Dr. Rath Health Foundation

Dr. Rath Health Foundation

Responsibility for a healthy world Dr. Rath Research Institute 100+ Studies Published In PubMed


Suppression of human pancreatic carcinoma cell growth and invasion by epigallocatechin-3-gallate.

Takada M; Nakamura Y; Koizumi T; Toyama H; Kamigaki T; Suzuki Y; Takeyama Y; Kuroda Y

Pancreas 2002 Jul;25(1):45-8

INTRODUCTION: The consumption of green tea is associated with a lower risk of several types of human carcinomas. A number of studies have focused on the possible mechanisms of cancer prevention by tea extracts, especially polyphenols such as epigallocatechin-3-gallate (EGCG). AIMS AND METHODOLOGY: Green tea-derived EGCG was tested in human pancreatic carcinoma cells. The cells (PANC-1, MIA PaCa-2, and BxPC-3) were treated with different doses of EGCG (0, 25, 50, 100, and 200 micromol/L) for 48 hours in culture medium. Proliferation of pancreatic carcinoma cells was measured by means of the WST-1 colorimetric assay. For the study of cell invasion, the cells were incubated with 100 micromol/L EGCG for 2 hours. Then, the cells were added into the cell insert, coated with Matrigel basement membrane matrix. After incubation at 37 degrees C for 24 hours, the cells that had invaded through the Matrigel were counted visually under the microscope.
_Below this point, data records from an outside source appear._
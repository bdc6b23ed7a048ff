// The values of a caller that are free where its block calls.

ghost use Rattle.std.specs.Prelude.{◌≡◌, ◌++◌, true, IfOk};
ghost use Rattle.std.specs.List.{flat_map};
ghost use Rattle.vx_flow.specs.declared.graph.Bank.{Bank};
ghost use Rattle.vx_inline.specs.Finding.{seen};
ghost use Rattle.vx_inline.specs.Values.{first_free, given_bases, has_values, is_bare, kept, local_place, local_places, of_bank};

use crate::by_bank::{ByBank, first_unmarked, named};
use crate::found_call::FoundCall;
use crate::marks::marks_of;
use crate::names::push_operands;
use std::alloc::Global;
use vx_base::listed::{Listed, copied};
use vx_base::outcome::NoMemory;
use vx_flow::arrays::is_local;
use vx_flow::graph::{Array, Block, Op, Value};
use vx_flow::live_rows::Live;
use vx_flow::operands::push_value;

/// The first free values by their bank, at most as many as there are others, by what is live at the blocks of the caller. A caller
/// that is told to be bare is not looked through.
#[tactic(auto, using(crate::proofs::Named::free_by))]
pub(crate) fn free_values(
    alloc: Global,
    live: &Live,
    found: &FoundCall,
    others: &ByBank,
    bare: bool,
) -> Result<ByBank, NoMemory>
    requires { bare ≡ true → is_bare found.now.caller.now.arrays found.now.caller.now.blocks ≡ true }
    ensures { IfOk result (λ values. (bank : Bank) → of_bank values bank ≡ first_free live.now (seen found.now) others.now bank) }
{
    let kept = kept(alloc, live, found, bare)?;
    let marks = marks_of(alloc, found.caller.banks.len(), kept.as_slice())?;
    first_unmarked(
        alloc,
        found.caller.banks.as_slice(),
        marks.as_slice(),
        others,
    )
}

/// Whether of each bank as many values are free as the callee names.
#[tactic(auto, using(crate::proofs::Named::both_enough))]
pub(crate) fn has_values(
    alloc: Global,
    live: &Live,
    found: &FoundCall,
    bare: bool,
) -> Result<bool, NoMemory>
    requires { bare ≡ true → is_bare found.now.caller.now.arrays found.now.caller.now.blocks ≡ true }
    ensures { IfOk result (λ has. has ≡ has_values live.now (seen found.now)) }
{
    let named = named(alloc, found.callee)?;
    let free = free_values(alloc, live, found, &named, bare)?;
    Ok(named.general.len() <= free.general.len() && named.branch.len() <= free.branch.len())
}

/// The values that are not free: those that are live behind the call, its arguments and its result, places of arrays that are no
/// globals, and bases.
fn kept(
    alloc: Global,
    live: &Live,
    found: &FoundCall,
    bare: bool,
) -> Result<Listed<Value>, NoMemory>
    requires { bare ≡ true → is_bare found.now.caller.now.arrays found.now.caller.now.blocks ≡ true }
    ensures { IfOk result (λ values. values ≡ kept live.now (seen found.now)) }
{
    let mut values = copied(alloc, live.values_at(found.next))?;
    push_operands(&mut values, found.arguments.as_slice())?;
    push_value(&mut values, found.result)?;
    let arrays = found.caller.arrays.as_slice();
    push_places_of(&mut values, arrays, found.caller.blocks.as_slice(), bare)?;
    push_bases(&mut values, arrays)?;
    Ok(values)
}

/// Adds the places of arrays that are no globals, and the bases that are made, if blocks are not told to be bare.
#[tactic(auto, using(crate::proofs::BareBlocks::none_pushed))]
fn push_places_of(
    values: &mut Listed<Value>,
    arrays: &[Array],
    blocks: &[Block],
    bare: bool,
) -> Result<(), NoMemory>
    requires { bare ≡ true → is_bare arrays.now blocks.now ≡ true }
    ensures { IfOk result (λ _. values.new ≡ values.old ++ flat_map (local_places arrays.now) blocks.now) }
{
    if bare {
        Ok(())
    } else {
        push_places(values, arrays, blocks)
    }
}

fn push_places(
    values: &mut Listed<Value>,
    arrays: &[Array],
    blocks: &[Block],
) -> Result<(), NoMemory>
    ensures { IfOk result (λ _. values.new ≡ values.old ++ flat_map (local_places arrays.now) blocks.now) }
{
    for block in blocks {
        push_places_in(values, arrays, block.ops.as_slice())?;
    }
    Ok(())
}

fn push_places_in(values: &mut Listed<Value>, arrays: &[Array], ops: &[Op]) -> Result<(), NoMemory>
    ensures { IfOk result (λ _. values.new ≡ values.old ++ flat_map (local_place arrays.now) ops.now) }
{
    for op in ops {
        push_place(values, arrays, op)?;
    }
    Ok(())
}

fn push_place(values: &mut Listed<Value>, arrays: &[Array], op: &Op) -> Result<(), NoMemory>
    ensures { IfOk result (λ _. values.new ≡ values.old ++ local_place arrays.now op.now) }
{
    match op {
        Op::Place { to, array, .. } => {
            if is_local(arrays, *array) {
                values.push(*to)?;
            }
            Ok(())
        }
        Op::PlaceIn { to, .. } | Op::Base { to, .. } => {
            values.push(*to)?;
            Ok(())
        }
        _ => Ok(()),
    }
}

/// Adds the bases of arrays that were handed over.
fn push_bases(values: &mut Listed<Value>, arrays: &[Array]) -> Result<(), NoMemory>
    ensures { IfOk result (λ _. values.new ≡ values.old ++ given_bases arrays.now) }
{
    for array in arrays {
        push_value(values, array.base)?;
    }
    Ok(())
}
RESULTS: The growth of all three pancreatic carcinoma cells was significantly suppressed by EGCG treatment in a dose-dependent manner. EGCG treatment caused significant suppression of the invasive ability of pancreatic carcinoma cells PANC-1, MIA PaCa-2, and BxPC-3 but did not affect the cell cycle protein cyclin D1. CONCLUSION: EGCG may be a potent biologic inhibitor of human pancreatic carcinomas, reducing their proliferative and invasive activities.